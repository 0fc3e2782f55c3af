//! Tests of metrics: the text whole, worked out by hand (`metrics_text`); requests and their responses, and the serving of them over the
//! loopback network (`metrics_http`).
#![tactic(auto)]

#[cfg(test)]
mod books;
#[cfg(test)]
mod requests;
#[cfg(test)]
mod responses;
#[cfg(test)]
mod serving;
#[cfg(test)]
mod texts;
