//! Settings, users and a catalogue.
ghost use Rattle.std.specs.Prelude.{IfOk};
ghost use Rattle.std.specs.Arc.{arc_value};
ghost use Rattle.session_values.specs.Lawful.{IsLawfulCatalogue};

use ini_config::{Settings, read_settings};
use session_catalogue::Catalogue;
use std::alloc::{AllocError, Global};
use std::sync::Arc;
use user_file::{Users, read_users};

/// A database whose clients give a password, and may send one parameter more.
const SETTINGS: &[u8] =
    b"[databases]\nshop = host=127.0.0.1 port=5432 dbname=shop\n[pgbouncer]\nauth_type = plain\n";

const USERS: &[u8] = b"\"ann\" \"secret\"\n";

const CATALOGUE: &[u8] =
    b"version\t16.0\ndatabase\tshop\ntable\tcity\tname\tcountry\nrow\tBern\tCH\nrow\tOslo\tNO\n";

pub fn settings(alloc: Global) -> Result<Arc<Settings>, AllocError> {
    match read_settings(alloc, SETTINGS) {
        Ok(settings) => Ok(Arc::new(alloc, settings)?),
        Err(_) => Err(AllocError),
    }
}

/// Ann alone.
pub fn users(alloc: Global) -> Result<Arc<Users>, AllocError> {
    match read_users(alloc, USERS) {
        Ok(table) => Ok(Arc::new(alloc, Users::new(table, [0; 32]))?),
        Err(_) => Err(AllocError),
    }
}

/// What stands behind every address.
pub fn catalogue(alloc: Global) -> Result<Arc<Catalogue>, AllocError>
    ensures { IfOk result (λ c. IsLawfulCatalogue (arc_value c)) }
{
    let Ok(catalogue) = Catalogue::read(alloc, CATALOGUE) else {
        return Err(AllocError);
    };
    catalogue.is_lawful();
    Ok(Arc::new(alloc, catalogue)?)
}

########################################

Throughout the data above, report every line that contains the string "ghost".

ghost use Rattle.std.specs.Prelude.{IfOk};
ghost use Rattle.std.specs.Arc.{arc_value};
ghost use Rattle.session_values.specs.Lawful.{IsLawfulCatalogue};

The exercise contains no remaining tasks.